:: Records provided

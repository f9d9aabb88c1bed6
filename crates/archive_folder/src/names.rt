//! A name in a folder: what it says, and what is known of it.

/// What a stop may do to a name.
#[derive(Clone, Copy, Debug, PartialEq, Eq)]
pub enum Fate {
    /// It is there, and every stop leaves it.
    Stays,
    /// It is there, and a stop may lose it: it was made since the last sync of the folder.
    Comes,
    /// It isn't there, and a stop may bring it back: it was removed since.
    Goes,
}

/// A name, as a number.
#[derive(Clone, Copy, Debug, PartialEq, Eq)]
pub struct Name {
    pub number: u64,
    pub fate: Fate,
}

/// What a file's name says. Its order among the others is the number's.
#[derive(Clone, Copy, Debug, PartialEq, Eq)]
pub struct FileName {
    pub number: u64,
    /// When the file was begun, in seconds since 1970.
    pub begun: i64,
    /// Whether its first link goes on with the last link of the file before.
    pub goes_on: bool,
}

/// What stands under a name, as far as it matters to what is thrown away.
#[derive(Clone, Copy, Debug, PartialEq, Eq)]
pub struct FileFacts {
    /// The length of the file, and that of the times beside it.
    pub bytes: u64,
    /// Whether a mark beside it says that it is to be kept.
    pub is_held: bool,
}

::::

** Task **
Beginning with the line that holds "stop leaves it.", please give again each line exactly until the records end, and include that final line.

** Exercise solution **
    /// It is there, and every stop leaves it.
    Stays,
    /// It is there, and a stop may lose it: it was made since the last sync of the folder.
    Comes,
    /// It isn't there, and a stop may bring it back: it was removed since.
    Goes,
}

/// A name, as a number.
#[derive(Clone, Copy, Debug, PartialEq, Eq)]
pub struct Name {
    pub number: u64,
    pub fate: Fate,
}

/// What a file's name says. Its order among the others is the number's.
#[derive(Clone, Copy, Debug, PartialEq, Eq)]
pub struct FileName {
    pub number: u64,
    /// When the file was begun, in seconds since 1970.
    pub begun: i64,
    /// Whether its first link goes on with the last link of the file before.
    pub goes_on: bool,
}

/// What stands under a name, as far as it matters to what is thrown away.
#[derive(Clone, Copy, Debug, PartialEq, Eq)]
pub struct FileFacts {
    /// The length of the file, and that of the times beside it.
    pub bytes: u64,
    /// Whether a mark beside it says that it is to be kept.
    pub is_held: bool,
}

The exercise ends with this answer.